A. Yes. I’m not a great believer in the types of theological schools the Western world has built for us. Why should we always take this Oxford and Cambridge idea of learning when 80 per cent of Asia is still rural? Much of what is taught in the seminaries is applicable only in urban areas, in the big churches. I believe there should be a new pattern where we do six months of reading and thinking and then two or three months of practical work. Then the students would come back for a little more teaching. One mission decided to do this in Indonesia, but its board back in North America overruled the decision. Those people out there should be given more liberty to choose their own ways.

Q. Do you see any possibility that this will happen?

A. There have been several promising developments, including the founding of the Asian Missions Association and the Asian Theological Association. These associations are working to analyze the situation.

Q. With all the emphasis you put on indigenous training, are you suggesting that there is no room or no need for missionaries from outside the culture?

A. Far from it!

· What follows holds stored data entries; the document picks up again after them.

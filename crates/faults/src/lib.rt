// The tests of the refusals at one record, or at two: each computes the test of its name in paper's laws/Tests.antt.
#![tactic(auto)]

mod leader;

ghost use Rattle.std.specs.Prelude.{◌≡◌, ◌≤◌, ◌<◌, ◌-◌, ◌&&◌, ltb, length, pos, ℤ, ◌-ℤ◌};
ghost use Rattle.std.specs.Int.Signed.{mag, lt_z};
ghost use Rattle.paper.specs.Job.{count, last_of, port_of};
ghost use Rattle.paper.specs.Layouts.{held, leader};
ghost use Rattle.paper.specs.Refusals.{work_needed, buffer_needed};
ghost use Rattle.paper.specs.laws.Tests.{bad_size, bad_weight, bad_table, outside, bad_last, bad_field, bad_height, not_above, too_close, same_name, same_x, between, leaders_touch, meets, meets_large, records_touch, bad_number};
ghost use Rattle.job.specs.Board.{board_on, pads_on, ports_on};
ghost use Rattle.faults.specs.Drawn.{leader_of, square_of};

use job::Job;
use leader::Leader;
use paper::{Form, Weights};

// 1: the byte count, of records of so many bytes.
pub fn bad_size(one: usize, most: usize, bytes: &[u8]) -> bool
    requires { 0 < one }
    ensures { result ≡ bad_size one most bytes.now }
{
    (bytes.len() == 0) | (bytes.len() % one != 0) | (most < bytes.len())
}

// 24: the work list's length, for so many pads and ports.
pub fn short_work(n: usize, p: usize, numbers: usize) -> bool
    requires { (n ≤ 64) × (p ≤ 128) }
    ensures { result ≡ ltb numbers (work_needed n p) }
{
    numbers < 2 * ((n + 1) * ((p + 2) * (p + 2)))
}

// 18: the length of the buffer of Count and Place, for so many pads.
pub fn short_buffer(n: usize, numbers: usize) -> bool
    requires { n ≤ 64 }
    ensures { result ≡ ltb numbers (buffer_needed n) }
{
    numbers < 2 * ((n + 2) * (n + 2))
}

// 2: the weights.
pub fn bad_weight(w: Weights) -> bool
    ensures { result ≡ bad_weight w.length w.bend }
{
    (1000 < w.length) | (1000 < w.bend)
}

// 13: the table's length. Of a job of any size the product n * p could wrap, a quotient and a remainder cannot.
pub fn bad_table(job: &Job, figures: usize) -> bool
    ensures { result ≡ bad_table (pads_on job.now) (ports_on job.now) figures }
{
    let n = job.pads.len() / 16;
    let p = match job.form {
        Form::Records => job.ports.len() / 16,
        Form::Slots => job.ports.len() / 4,
    };
    if n == 0 {
        figures != 0
    } else {
        (figures / n != p) | (figures % n != 0)
    }
}

// 4: the fields of record i.
#[tactic(auto, unfolding(paper::specs::laws::Tests::outside))]
fn out_of_range(h: i64) -> bool
    ensures { result ≡ outside h }
{
    (h < -1000000) | (1000000 < h)
}

// The last field: a port's height, or 0.
#[tactic(auto, unfolding(paper::specs::Job::port_of, paper::specs::Job::last_of))]
fn bad_last(job: &Job, i: u16) -> bool
    requires { i < pads_on job.now }
    ensures { result ≡ bad_last job.now.form (last_of job.now.pads.now i) }
{
    match job.form {
        Form::Records => out_of_range(Job::of_records(job.pads).port(i)),
        Form::Slots => job.last(i) != 0,
    }
}

pub fn bad_field(job: &Job, i: u16) -> bool
    requires { i < pads_on job.now }
    ensures { result ≡ bad_field job.now.form job.now.pads.now i }
{
    let x = job.x(i);
    (job.name(i) == 0)
        | (2000 < job.half_side(i))
        | (x < 1)
        | (1000000 < x)
        | out_of_range(job.y(i))
        | bad_last(job, i)
}

// 4: the height of port q.
pub fn bad_height(job: &Job, q: u16) -> bool
    requires { q < ports_on job.now }
    ensures { result ≡ bad_height job.now.form job.now.ports.now q }
{
    out_of_range(job.port(q))
}

// Whether port q stands less than so much above the one before.
fn rises_less(job: &Job, q: u16, least: i64) -> bool
    requires { q < ports_on job.now }
    ensures { result ≡ (ltb 0 q && lt_z (port_of job.now.form job.now.ports.now q -ℤ port_of job.now.form job.now.ports.now (q - 1)) least) }
{
    q != 0 && job.port(q) - job.port(q - 1) < least
}

// 5 and 12: port q's height against the one before.
pub fn not_above(job: &Job, q: u16) -> bool
    requires { q < ports_on job.now }
    ensures { result ≡ not_above job.now.form job.now.ports.now q }
{
    rises_less(job, q, 1)
}

pub fn too_close(job: &Job, q: u16) -> bool
    requires { q < ports_on job.now }
    ensures { result ≡ too_close job.now.form job.now.ports.now q }
{
    rises_less(job, q, 8)
}

// 6, 7: records i and j.
pub fn same_name(job: &Job, i: u16, j: u16) -> bool
    requires { (i < pads_on job.now) × (j < pads_on job.now) }
    ensures { result ≡ same_name job.now.pads.now i j }
{
    job.name(i) == job.name(j)
}

pub fn same_x(job: &Job, i: u16, j: u16) -> bool
    requires { (i < pads_on job.now) × (j < pads_on job.now) }
    ensures { result ≡ same_x job.now.pads.now i j }
{
    job.x(i) == job.x(j)
}

// 9: the leader of record i, to the port that the list has for it.
fn leader_at(job: &Job, list: &[u16], i: u16) -> Leader
    requires { (i < pads_on job.now) × (i < length list.now) × (held list.now i < ports_on job.now) }
    ensures { leader_of result ≡ leader (board_on job.now) i (held list.now i) }
{
    Leader {
        x: job.x(i),
        y: job.y(i),
        port: job.port(list[usize::from(i)]),
    }
}

// Whether m lies between a and b: the order of m and a leaves one test with b, or none.
#[tactic(auto, unfolding(paper::specs::laws::Tests::between))]
fn lies_between(m: i64, a: i64, b: i64) -> bool
    ensures { result ≡ between m a b }
{
    if m < a {
        b <= m
    } else if a < m {
        m <= b
    } else {
        true
    }
}

// x says which arm passes the other pad: one test is enough.
#[tactic(auto, unfolding(paper::specs::laws::Tests::leaders_touch))]
fn leaders_touch(l: &Leader, m: &Leader) -> bool
    ensures { result ≡ leaders_touch (leader_of l.now) (leader_of m.now) }
{
    if m.x < l.x {
        lies_between(l.port, m.y, m.port)
    } else if l.x < m.x {
        lies_between(m.port, l.y, l.port)
    } else {
        false
    }
}

// A leader and the square of a half-side around another's pad: the arm alone can meet it where the hand is right of it.
fn meets(l: &Leader, m: &Leader, half: u16) -> bool
    ensures { result ≡ meets (leader_of l.now) (square_of m.now half) }
{
    let x = u64::from(l.x);
    let x2 = u64::from(m.x);
    let reach = u64::from(half);
    if x + reach < x2 {
        return false;
    }
    let side = i64::from(half);
    let top = m.y + side;
    let bottom = m.y - side;
    if x2 + reach < x {
        (l.port <= top) & (bottom <= l.port)
    } else {
        ((l.port <= top) | (l.y <= top)) & ((bottom <= l.port) | (bottom <= l.y))
    }
}

// The same where the square is more than a point.
#[tactic(auto, unfolding(paper::specs::laws::Tests::meets_large))]
fn meets_large(l: &Leader, m: &Leader, half: u16) -> bool
    ensures { result ≡ meets_large (leader_of l.now) (square_of m.now half) }
{
    half != 0 && meets(l, m, half)
}

// Records i and j: their leaders, and the leader of each with the square of the other.
pub fn touches(job: &Job, list: &[u16], i: u16, j: u16) -> bool
    requires i_bound { (i < pads_on job.now) × (i < length list.now) × (held list.now i < ports_on job.now) }
    requires j_bound { (j < pads_on job.now) × (j < length list.now) × (held list.now j < ports_on job.now) }
    ensures { result ≡ records_touch (board_on job.now) (held list.now) i j }
{
    let l = leader_at(job, list, i);
    let m = leader_at(job, list, j);
    leaders_touch(&l, &m)
        || meets_large(&l, &m, job.half_side(j))
        || meets_large(&m, &l, job.half_side(i))
}

// 11: Draw's record number and port number.
pub fn bad_number(job: &[u8], i: u32, q: u32) -> bool
    ensures { result ≡ bad_number (count job.now) i q }
{
    let n = job.len() / 16;
    // Stays: no From makes a usize of a u32.
    (n <= i as usize) | (n <= q as usize)
}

So far Asia is only 2 per cent Christian. How dare we say we’ve done the job? We always need the fellowship and understanding. But CHRISTIANITY TODAY has reported repeatedly how the North American denominations have been declining in their support of missions. Surely something must be done to replace those workers who have been lost from the field. A missionary cannot separate himself from his culture, no matter how much he tries. This does not condemn him, but it must be recognized that an Indian can do a better job in India than a non-Indian. Still, Asia needs the help of Christians from overseas who will not come to plant their culture and who will try to understand ours. We especially need those who can train the nationals to work in their own countries.